Além da abertura do procedimento, Flávio pede que Hial seja afastado do mandato depois do eventual recebimento da denúncia.

A justificativa aponta “a gravidade das condutas imputadas, a possibilidade de continuidade da exposição pública dos elementos de acesso restrito e a necessidade de preservação da independência, da serenidade e da regularidade da instrução”.

Caso o afastamento não seja aprovado nessa fase, o presidente requer que a medida seja adotada quando começar a instrução do processo.

Flávio também pede a formação de uma comissão processante composta por três vereadores desimpedidos, com representação proporcional dos partidos.

Hial deverá ser notificado e terá direito a receber cópia de todos os elementos, apresentar defesa prévia, indicar provas e relacionar testemunhas.

Flávio se declara impedido de votar

Por ser autor da representação e parte diretamente envolvida na disputa, Flávio declarou que não participará das decisões relacionadas ao caso.

O presidente pede que seu substituto legal assuma o encaminhamento ao Conselho de Ética, a inclusão em pauta, a deliberação sobre o recebimento da denúncia, a análise do afastamento e os demais atos do processo.

Ele também solicita que seu suplente seja convocado nas situações previstas pelas normas da Câmara.

O impedimento busca evitar que Flávio atue simultaneamente como acusador, presidente do procedimento e julgador de Hial.

Cassação dependerá de processo e votação

A representação pede que cada uma das três acusações seja analisada e votada separadamente ao fim da instrução.

Se os fatos forem considerados procedentes, Flávio requer a cassação do mandato de Hial por suposta conduta incompatível com a dignidade da Câmara e falta de ética e decoro parlamentar.

O pedido também prevê a comunicação do resultado à Justiça Eleitoral e a convocação do suplente, mas somente se a perda do mandato for efetivamente aprovada e formalizada.

O protocolo não produz cassação automática. O primeiro passo será a análise sobre o recebimento da denúncia. Se ela avançar, haverá instrução, produção de provas, defesa do representado, parecer e julgamento político pelos vereadores.

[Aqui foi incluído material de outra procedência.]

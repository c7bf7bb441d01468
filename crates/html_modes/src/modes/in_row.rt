//! The "in row" insertion mode (HTML Standard, section 13.2.6.4.14).
ghost use Rattle.std.specs.Prelude.{◌≡◌};
ghost use Rattle.html_rules.specs.Modes.InRow.{in_row};
ghost use Rattle.html_modes.specs.Tables.{rows_of};

use crate::table::Action::{
    ClearBackTo, InsertElement, InsertMarker, Nothing, ParseError, Pop, SwitchTo,
};
use crate::table::Class::{AnythingElse, EndTags, StartTags};
use crate::table::Conclusion::{Done, Reprocess, Using};
use crate::table::Condition::{InScope, Not, TokenInScope};
use crate::table::{Row, row};
use html_rules::{InsertionMode, TagSet};

const IN_ROW: &[Row] = &[
    row!(
        StartTags(TagSet::TdTh),
        [
            ClearBackTo(TagSet::TableRowContext),
            InsertElement,
            SwitchTo(InsertionMode::InCell),
            InsertMarker
        ],
        Done
    ),
    row!(EndTags(TagSet::Tr), if InScope(TagSet::TableScope, TagSet::Tr),
        [ClearBackTo(TagSet::TableRowContext), Pop, SwitchTo(InsertionMode::InTableBody)], Done),
    row!(EndTags(TagSet::Tr), [ParseError], Done),
    row!(StartTags(TagSet::RowCloser), if InScope(TagSet::TableScope, TagSet::Tr),
        [ClearBackTo(TagSet::TableRowContext), Pop], Reprocess(InsertionMode::InTableBody)),
    row!(StartTags(TagSet::RowCloser), [ParseError], Done),
    row!(EndTags(TagSet::Table), if InScope(TagSet::TableScope, TagSet::Tr),
        [ClearBackTo(TagSet::TableRowContext), Pop], Reprocess(InsertionMode::InTableBody)),
    row!(EndTags(TagSet::Table), [ParseError], Done),
    row!(EndTags(TagSet::TbodyTfootThead), if Not(&TokenInScope(TagSet::TableScope)), [ParseError], Done),
    row!(EndTags(TagSet::TbodyTfootThead), if InScope(TagSet::TableScope, TagSet::Tr),
        [ClearBackTo(TagSet::TableRowContext), Pop], Reprocess(InsertionMode::InTableBody)),
    row!(EndTags(TagSet::TbodyTfootThead), [Nothing], Done),
    row!(EndTags(TagSet::InRowIgnoredEnd), [ParseError], Done),
    row!(AnythingElse, [Nothing], Using(InsertionMode::InTable)),
];

/// The rows.
pub(crate) fn rows() -> &'static [Row]
    ensures { rows_of result.now ≡ in_row }
{
    IN_ROW
}
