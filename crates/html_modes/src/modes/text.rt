//! The "text" insertion mode (HTML Standard, section 13.2.6.4.8).
ghost use Rattle.std.specs.Prelude.{◌≡◌};
ghost use Rattle.html_rules.specs.Modes.Text.{text};
ghost use Rattle.html_modes.specs.Tables.{rows_of};

use crate::table::Action::{AppendText, Nothing, ParseError, Pop, RestoreMode};
use crate::table::Class::{AnyEndTag, AnythingElse, Character, EndOfFile, EndTags};
use crate::table::Conclusion::{Done, ReprocessInOriginal, RunScript};
use crate::table::{Row, row};
use html_rules::TagSet;

const TEXT: &[Row] = &[
    row!(Character, [AppendText], Done),
    row!(EndOfFile, [ParseError, Pop], ReprocessInOriginal),
    row!(EndTags(TagSet::Script), [Pop, RestoreMode], RunScript),
    row!(AnyEndTag, [Pop, RestoreMode], Done),
    row!(AnythingElse, [Nothing], Done),
];

/// The rows.
pub(crate) fn rows() -> &'static [Row]
    ensures { rows_of result.now ≡ text }
{
    TEXT
}
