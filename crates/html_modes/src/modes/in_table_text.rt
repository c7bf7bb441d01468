//! The "in table text" insertion mode (HTML Standard, section 13.2.6.4.10).
ghost use Rattle.std.specs.Prelude.{◌≡◌};
ghost use Rattle.html_rules.specs.Modes.InTableText.{in_table_text};
ghost use Rattle.html_modes.specs.Tables.{rows_of};

use crate::table::Action::{InsertPendingText, KeepText, ParseError};
use crate::table::Class::{AnythingElse, Character, Null};
use crate::table::Conclusion::{Done, ReprocessInOriginal};
use crate::table::{Row, row};

const IN_TABLE_TEXT: &[Row] = &[
    row!(Null, [ParseError], Done),
    row!(Character, [KeepText], Done),
    row!(AnythingElse, [InsertPendingText], ReprocessInOriginal),
];

/// The rows.
pub(crate) fn rows() -> &'static [Row]
    ensures { rows_of result.now ≡ in_table_text }
{
    IN_TABLE_TEXT
}
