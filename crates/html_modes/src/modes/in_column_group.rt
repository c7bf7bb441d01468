//! The "in column group" insertion mode (HTML Standard, section 13.2.6.4.12).
ghost use Rattle.std.specs.Prelude.{◌≡◌};
ghost use Rattle.html_rules.specs.Modes.InColumnGroup.{in_column_group};
ghost use Rattle.html_modes.specs.Tables.{rows_of};

use crate::table::Action::{
    AppendComment, AppendText, InsertVoid, Nothing, ParseError, Pop, SwitchTo,
};
use crate::table::Class::{AnythingElse, Comment, EndOfFile, EndTags, StartTags, WhiteSpace};
use crate::table::Conclusion::{Acknowledged, Done, Reprocess, Using};
use crate::table::Condition::CurrentIs;
use crate::table::{Row, row};
use html_rules::{InsertionMode, TagSet};

const IN_COLUMN_GROUP: &[Row] = &[
    row!(WhiteSpace, [AppendText], Done),
    row!(Comment, [AppendComment], Done),
    row!(
        StartTags(TagSet::Html),
        [Nothing],
        Using(InsertionMode::InBody)
    ),
    row!(StartTags(TagSet::Col), [InsertVoid], Acknowledged),
    row!(EndTags(TagSet::Colgroup), if CurrentIs(TagSet::Colgroup), [Pop, SwitchTo(InsertionMode::InTable)], Done),
    row!(EndTags(TagSet::Colgroup), [ParseError], Done),
    row!(EndTags(TagSet::Col), [ParseError], Done),
    row!(
        StartTags(TagSet::Template),
        [Nothing],
        Using(InsertionMode::InHead)
    ),
    row!(
        EndTags(TagSet::Template),
        [Nothing],
        Using(InsertionMode::InHead)
    ),
    row!(EndOfFile, [Nothing], Using(InsertionMode::InBody)),
    row!(AnythingElse, if CurrentIs(TagSet::Colgroup), [Pop], Reprocess(InsertionMode::InTable)),
    row!(AnythingElse, [ParseError], Done),
];

/// The rows.
pub(crate) fn rows() -> &'static [Row]
    ensures { rows_of result.now ≡ in_column_group }
{
    IN_COLUMN_GROUP
}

Caso começou com acusações contra Flávio

A nova representação ocorre em meio ao confronto aberto entre os dois parlamentares.

Hial havia apresentado acusações contra Flávio relacionadas a supostas irregularidades envolvendo recursos de gabinete. O caso, tratado publicamente como suspeita de “rachadinha”, ainda não tem decisão definitiva.

A Comissão de Ética da Câmara já realizou reuniões sobre essas denúncias, enquanto o caso também chegou ao Ministério Público e à Polícia Civil.

Na quarta-feira (5), Flávio protocolou outra representação contra Hial. Nela, afirmou ter sido ameaçado pelo vereador durante uma discussão sobre a utilização de um veículo oficial da Câmara antes de uma viagem para Campos do Jordão.

O novo pedido, apresentado nesta quinta-feira, amplia a disputa: pela primeira vez, Flávio requer expressamente o afastamento e a cassação do mandato de Hial.